START RAW DATA
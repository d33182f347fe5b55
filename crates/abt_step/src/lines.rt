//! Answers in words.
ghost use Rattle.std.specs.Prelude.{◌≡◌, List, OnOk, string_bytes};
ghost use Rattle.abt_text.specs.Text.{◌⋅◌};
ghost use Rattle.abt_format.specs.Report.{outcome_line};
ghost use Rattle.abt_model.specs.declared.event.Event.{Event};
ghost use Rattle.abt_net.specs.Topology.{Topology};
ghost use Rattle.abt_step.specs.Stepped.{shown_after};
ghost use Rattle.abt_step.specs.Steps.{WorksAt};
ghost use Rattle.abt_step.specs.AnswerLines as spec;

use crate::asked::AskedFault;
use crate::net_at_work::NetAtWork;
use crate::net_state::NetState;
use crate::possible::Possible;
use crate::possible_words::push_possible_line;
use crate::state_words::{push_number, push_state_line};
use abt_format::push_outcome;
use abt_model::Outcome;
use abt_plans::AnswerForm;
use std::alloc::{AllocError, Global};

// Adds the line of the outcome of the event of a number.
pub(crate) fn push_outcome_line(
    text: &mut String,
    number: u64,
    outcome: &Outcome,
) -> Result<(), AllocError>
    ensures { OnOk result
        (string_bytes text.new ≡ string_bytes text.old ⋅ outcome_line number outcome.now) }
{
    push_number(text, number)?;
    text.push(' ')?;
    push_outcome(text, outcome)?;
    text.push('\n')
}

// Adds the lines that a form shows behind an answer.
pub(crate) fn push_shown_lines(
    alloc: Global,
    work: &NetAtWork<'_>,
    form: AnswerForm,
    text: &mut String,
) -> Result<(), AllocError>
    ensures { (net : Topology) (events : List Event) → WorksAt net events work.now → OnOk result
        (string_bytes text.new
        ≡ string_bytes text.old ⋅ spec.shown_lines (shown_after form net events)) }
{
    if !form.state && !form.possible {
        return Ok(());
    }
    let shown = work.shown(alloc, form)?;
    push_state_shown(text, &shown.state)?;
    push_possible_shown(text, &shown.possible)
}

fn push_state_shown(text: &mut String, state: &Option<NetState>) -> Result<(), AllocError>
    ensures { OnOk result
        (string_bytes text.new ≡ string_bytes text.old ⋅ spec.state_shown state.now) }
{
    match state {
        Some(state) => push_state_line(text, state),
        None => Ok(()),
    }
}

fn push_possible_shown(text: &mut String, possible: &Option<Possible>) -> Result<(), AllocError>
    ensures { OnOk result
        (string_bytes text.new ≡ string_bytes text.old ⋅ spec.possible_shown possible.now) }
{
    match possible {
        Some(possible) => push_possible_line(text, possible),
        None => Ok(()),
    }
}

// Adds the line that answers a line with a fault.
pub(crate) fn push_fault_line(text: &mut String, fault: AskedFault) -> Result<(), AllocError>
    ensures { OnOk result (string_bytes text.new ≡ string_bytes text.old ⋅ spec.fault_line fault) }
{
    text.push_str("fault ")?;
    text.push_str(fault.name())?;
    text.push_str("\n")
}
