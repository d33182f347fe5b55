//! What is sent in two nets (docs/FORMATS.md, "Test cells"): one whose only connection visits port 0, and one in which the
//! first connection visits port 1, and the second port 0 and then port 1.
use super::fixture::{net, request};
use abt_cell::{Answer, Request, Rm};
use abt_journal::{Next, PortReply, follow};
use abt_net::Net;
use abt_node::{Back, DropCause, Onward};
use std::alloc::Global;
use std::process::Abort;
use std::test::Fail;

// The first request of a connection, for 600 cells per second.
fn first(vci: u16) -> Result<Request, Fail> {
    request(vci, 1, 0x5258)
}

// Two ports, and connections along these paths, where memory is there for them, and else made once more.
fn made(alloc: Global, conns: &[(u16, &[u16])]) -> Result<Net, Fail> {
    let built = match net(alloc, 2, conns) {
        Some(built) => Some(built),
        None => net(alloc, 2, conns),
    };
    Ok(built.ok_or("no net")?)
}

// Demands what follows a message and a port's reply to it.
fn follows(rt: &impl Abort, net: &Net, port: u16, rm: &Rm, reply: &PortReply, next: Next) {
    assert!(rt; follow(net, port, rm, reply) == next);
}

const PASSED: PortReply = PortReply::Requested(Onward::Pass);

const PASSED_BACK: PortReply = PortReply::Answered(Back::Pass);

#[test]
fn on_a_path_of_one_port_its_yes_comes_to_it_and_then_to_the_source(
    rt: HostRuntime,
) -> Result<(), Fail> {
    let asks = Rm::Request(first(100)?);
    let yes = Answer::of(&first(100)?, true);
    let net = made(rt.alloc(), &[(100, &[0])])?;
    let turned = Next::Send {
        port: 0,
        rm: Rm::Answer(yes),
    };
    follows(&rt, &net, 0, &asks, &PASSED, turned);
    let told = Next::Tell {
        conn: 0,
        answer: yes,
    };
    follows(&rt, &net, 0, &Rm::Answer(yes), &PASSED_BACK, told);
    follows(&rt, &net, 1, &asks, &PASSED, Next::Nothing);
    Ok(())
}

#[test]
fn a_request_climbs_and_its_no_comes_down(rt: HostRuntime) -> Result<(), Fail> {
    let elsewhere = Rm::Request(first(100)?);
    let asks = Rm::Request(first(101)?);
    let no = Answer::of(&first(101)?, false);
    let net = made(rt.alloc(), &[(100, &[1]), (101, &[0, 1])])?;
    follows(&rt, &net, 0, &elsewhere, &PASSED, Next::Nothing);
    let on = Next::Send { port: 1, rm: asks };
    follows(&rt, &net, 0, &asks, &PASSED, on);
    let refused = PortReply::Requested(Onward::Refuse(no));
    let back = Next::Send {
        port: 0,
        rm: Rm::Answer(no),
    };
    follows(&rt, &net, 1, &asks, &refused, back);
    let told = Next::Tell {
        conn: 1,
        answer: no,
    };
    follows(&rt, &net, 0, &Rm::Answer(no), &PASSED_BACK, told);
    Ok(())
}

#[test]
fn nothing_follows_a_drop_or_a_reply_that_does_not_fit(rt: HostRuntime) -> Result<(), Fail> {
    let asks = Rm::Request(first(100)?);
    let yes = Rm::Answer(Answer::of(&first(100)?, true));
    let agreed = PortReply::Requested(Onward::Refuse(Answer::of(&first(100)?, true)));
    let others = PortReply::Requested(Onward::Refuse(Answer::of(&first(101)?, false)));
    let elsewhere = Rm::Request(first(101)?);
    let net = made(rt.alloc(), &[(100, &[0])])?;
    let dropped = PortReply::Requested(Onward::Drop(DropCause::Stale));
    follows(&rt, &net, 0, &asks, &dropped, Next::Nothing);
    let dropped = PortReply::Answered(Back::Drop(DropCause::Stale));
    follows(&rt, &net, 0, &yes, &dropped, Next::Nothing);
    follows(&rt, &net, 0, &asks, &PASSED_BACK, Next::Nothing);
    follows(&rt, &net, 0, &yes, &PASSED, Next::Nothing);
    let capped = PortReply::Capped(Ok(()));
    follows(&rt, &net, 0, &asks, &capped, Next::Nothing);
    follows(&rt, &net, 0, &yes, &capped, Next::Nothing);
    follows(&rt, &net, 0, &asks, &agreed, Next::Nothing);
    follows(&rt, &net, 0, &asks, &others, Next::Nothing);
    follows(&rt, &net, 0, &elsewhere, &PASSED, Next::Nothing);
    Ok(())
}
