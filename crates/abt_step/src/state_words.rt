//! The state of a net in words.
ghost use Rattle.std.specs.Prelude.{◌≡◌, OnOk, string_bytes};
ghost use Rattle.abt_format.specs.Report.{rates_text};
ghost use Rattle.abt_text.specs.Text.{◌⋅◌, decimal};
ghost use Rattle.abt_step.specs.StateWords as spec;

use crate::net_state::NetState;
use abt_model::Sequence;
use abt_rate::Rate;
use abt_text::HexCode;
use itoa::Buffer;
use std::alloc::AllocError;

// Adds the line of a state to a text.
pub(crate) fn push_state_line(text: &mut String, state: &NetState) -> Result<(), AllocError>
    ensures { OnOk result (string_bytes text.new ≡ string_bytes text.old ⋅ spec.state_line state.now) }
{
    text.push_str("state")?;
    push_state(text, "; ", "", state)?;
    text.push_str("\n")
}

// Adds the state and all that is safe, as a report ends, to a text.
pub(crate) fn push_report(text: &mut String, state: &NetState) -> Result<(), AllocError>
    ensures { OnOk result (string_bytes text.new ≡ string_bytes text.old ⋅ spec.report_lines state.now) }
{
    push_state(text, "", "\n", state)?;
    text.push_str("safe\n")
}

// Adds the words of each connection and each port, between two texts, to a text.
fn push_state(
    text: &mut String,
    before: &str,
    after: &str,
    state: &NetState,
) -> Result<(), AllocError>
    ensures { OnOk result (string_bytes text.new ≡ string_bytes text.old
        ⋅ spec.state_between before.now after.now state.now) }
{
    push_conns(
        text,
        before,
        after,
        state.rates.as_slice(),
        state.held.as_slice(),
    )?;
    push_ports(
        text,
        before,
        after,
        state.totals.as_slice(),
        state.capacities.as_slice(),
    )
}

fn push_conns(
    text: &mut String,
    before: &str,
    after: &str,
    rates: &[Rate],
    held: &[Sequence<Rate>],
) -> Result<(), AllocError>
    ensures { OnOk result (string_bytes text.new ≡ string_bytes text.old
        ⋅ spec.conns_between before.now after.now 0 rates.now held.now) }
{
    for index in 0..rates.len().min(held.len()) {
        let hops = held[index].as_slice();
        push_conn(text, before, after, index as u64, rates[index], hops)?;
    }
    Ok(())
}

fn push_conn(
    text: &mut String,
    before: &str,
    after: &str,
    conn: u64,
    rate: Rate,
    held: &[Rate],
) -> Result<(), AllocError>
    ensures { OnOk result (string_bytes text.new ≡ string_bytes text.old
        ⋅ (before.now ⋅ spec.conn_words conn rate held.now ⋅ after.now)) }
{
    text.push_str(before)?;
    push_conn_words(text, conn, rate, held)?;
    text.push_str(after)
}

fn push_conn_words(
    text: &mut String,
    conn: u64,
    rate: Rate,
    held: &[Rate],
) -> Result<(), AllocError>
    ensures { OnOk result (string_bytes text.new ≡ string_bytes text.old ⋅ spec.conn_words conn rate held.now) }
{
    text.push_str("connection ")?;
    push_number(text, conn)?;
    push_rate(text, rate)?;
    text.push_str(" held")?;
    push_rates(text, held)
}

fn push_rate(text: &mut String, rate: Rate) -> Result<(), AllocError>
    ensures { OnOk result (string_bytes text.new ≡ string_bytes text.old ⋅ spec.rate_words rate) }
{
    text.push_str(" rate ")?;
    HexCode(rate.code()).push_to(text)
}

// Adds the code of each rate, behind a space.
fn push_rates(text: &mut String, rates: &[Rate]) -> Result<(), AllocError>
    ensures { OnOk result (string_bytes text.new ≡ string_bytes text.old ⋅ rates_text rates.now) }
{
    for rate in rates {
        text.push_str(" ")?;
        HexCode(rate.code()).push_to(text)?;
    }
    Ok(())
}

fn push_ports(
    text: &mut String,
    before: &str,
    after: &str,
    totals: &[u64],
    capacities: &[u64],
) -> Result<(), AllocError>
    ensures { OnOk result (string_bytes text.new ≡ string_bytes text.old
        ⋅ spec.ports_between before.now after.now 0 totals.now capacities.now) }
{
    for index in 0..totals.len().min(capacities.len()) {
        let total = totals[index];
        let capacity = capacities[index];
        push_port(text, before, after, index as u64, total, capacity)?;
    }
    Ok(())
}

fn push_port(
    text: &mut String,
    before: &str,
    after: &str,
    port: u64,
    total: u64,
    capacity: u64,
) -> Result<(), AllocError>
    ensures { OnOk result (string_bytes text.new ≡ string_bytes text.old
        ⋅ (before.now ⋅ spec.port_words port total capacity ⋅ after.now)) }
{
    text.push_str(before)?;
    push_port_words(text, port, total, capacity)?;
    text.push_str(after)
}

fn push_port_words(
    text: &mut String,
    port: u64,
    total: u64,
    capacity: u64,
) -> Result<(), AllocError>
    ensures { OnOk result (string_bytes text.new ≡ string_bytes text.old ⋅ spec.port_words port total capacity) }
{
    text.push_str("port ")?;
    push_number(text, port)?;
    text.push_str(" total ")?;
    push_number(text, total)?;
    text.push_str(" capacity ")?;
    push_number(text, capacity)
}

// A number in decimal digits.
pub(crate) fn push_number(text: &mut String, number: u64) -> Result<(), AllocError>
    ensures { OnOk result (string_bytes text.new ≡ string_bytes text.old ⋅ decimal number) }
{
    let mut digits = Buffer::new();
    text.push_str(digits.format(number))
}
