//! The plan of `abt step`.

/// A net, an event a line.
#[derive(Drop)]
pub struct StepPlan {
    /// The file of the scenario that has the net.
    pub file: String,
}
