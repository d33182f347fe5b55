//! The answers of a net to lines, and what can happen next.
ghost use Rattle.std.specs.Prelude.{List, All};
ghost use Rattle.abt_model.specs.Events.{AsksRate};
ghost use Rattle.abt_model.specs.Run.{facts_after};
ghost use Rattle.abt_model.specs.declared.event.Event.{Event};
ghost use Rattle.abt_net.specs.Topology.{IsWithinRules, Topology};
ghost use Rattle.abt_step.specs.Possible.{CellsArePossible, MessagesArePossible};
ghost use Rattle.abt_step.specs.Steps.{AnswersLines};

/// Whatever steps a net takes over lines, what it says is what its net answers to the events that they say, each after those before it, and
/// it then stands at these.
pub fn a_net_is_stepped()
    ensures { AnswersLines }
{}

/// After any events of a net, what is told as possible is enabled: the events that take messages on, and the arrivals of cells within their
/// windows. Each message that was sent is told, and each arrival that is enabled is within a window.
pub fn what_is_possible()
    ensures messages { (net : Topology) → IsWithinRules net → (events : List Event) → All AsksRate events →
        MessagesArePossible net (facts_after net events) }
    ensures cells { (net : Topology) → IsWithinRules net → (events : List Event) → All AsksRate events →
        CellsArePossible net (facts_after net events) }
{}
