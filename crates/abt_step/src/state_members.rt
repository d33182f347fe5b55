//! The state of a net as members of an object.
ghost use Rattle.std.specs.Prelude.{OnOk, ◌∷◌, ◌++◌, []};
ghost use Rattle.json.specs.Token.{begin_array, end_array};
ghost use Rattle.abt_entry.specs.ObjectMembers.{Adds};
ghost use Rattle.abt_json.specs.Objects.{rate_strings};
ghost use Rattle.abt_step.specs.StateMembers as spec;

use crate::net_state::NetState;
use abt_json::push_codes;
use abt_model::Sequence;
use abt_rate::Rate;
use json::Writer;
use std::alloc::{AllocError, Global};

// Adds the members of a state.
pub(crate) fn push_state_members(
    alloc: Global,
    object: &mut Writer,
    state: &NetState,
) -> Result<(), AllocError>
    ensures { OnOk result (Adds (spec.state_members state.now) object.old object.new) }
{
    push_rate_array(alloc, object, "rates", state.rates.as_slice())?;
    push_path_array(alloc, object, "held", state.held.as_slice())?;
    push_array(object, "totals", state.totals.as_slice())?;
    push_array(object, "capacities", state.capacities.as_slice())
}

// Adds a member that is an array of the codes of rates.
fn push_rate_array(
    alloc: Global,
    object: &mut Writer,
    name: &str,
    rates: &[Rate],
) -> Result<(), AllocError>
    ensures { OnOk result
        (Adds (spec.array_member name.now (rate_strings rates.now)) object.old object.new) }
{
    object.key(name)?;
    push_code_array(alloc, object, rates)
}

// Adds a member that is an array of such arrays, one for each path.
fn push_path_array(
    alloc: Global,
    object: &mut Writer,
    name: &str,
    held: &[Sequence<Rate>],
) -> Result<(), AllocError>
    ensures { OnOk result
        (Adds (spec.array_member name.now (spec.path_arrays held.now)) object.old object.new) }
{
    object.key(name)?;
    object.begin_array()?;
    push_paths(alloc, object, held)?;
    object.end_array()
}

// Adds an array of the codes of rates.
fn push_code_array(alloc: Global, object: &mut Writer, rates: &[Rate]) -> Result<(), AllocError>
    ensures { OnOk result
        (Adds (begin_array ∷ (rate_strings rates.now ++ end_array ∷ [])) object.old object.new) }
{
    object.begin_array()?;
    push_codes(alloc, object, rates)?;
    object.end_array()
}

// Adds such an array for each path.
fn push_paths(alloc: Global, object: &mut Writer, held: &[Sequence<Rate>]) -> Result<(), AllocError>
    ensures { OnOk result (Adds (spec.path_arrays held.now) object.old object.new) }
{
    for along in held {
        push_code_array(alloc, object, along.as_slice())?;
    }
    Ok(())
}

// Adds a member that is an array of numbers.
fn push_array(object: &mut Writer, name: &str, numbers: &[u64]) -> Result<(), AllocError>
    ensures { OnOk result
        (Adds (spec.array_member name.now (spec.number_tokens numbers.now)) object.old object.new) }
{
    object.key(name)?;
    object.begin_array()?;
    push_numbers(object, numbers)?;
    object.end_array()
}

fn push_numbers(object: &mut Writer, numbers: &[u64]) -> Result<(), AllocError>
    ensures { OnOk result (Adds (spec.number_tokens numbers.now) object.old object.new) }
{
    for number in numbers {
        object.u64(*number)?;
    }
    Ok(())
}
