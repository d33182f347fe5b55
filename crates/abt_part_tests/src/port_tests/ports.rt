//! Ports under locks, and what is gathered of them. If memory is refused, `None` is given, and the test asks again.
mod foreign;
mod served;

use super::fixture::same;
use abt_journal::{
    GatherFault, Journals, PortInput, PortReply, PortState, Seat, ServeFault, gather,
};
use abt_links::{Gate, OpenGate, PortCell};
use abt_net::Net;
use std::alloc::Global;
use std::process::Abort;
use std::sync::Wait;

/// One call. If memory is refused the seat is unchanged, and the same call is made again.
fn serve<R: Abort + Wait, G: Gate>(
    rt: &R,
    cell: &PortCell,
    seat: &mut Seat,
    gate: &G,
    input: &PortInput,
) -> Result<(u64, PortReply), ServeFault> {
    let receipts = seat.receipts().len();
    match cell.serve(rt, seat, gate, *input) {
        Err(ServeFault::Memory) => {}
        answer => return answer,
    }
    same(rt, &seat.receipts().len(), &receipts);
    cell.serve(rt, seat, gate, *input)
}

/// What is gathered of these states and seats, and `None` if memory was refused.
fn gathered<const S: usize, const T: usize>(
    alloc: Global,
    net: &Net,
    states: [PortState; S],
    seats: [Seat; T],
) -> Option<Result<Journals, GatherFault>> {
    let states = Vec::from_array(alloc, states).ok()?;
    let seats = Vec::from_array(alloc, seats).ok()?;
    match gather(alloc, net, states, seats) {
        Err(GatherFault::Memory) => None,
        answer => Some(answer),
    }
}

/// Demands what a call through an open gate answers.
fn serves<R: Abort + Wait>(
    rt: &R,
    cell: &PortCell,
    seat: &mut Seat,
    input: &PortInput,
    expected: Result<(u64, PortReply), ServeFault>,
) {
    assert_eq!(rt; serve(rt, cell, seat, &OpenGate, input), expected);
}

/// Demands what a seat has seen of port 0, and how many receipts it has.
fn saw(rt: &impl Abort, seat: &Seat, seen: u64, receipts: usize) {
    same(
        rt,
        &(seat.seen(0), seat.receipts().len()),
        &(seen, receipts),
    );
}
END RAW DATA
TASK OBJECTIVE -
All lines holding the word "WorksAt" must be copied from the data.

RESULT BELOW -
ghost use Rattle.abt_step.specs.Steps.{WorksAt};
    ensures { (net : Topology) (events : List Event) → WorksAt net events work.now → OnOk result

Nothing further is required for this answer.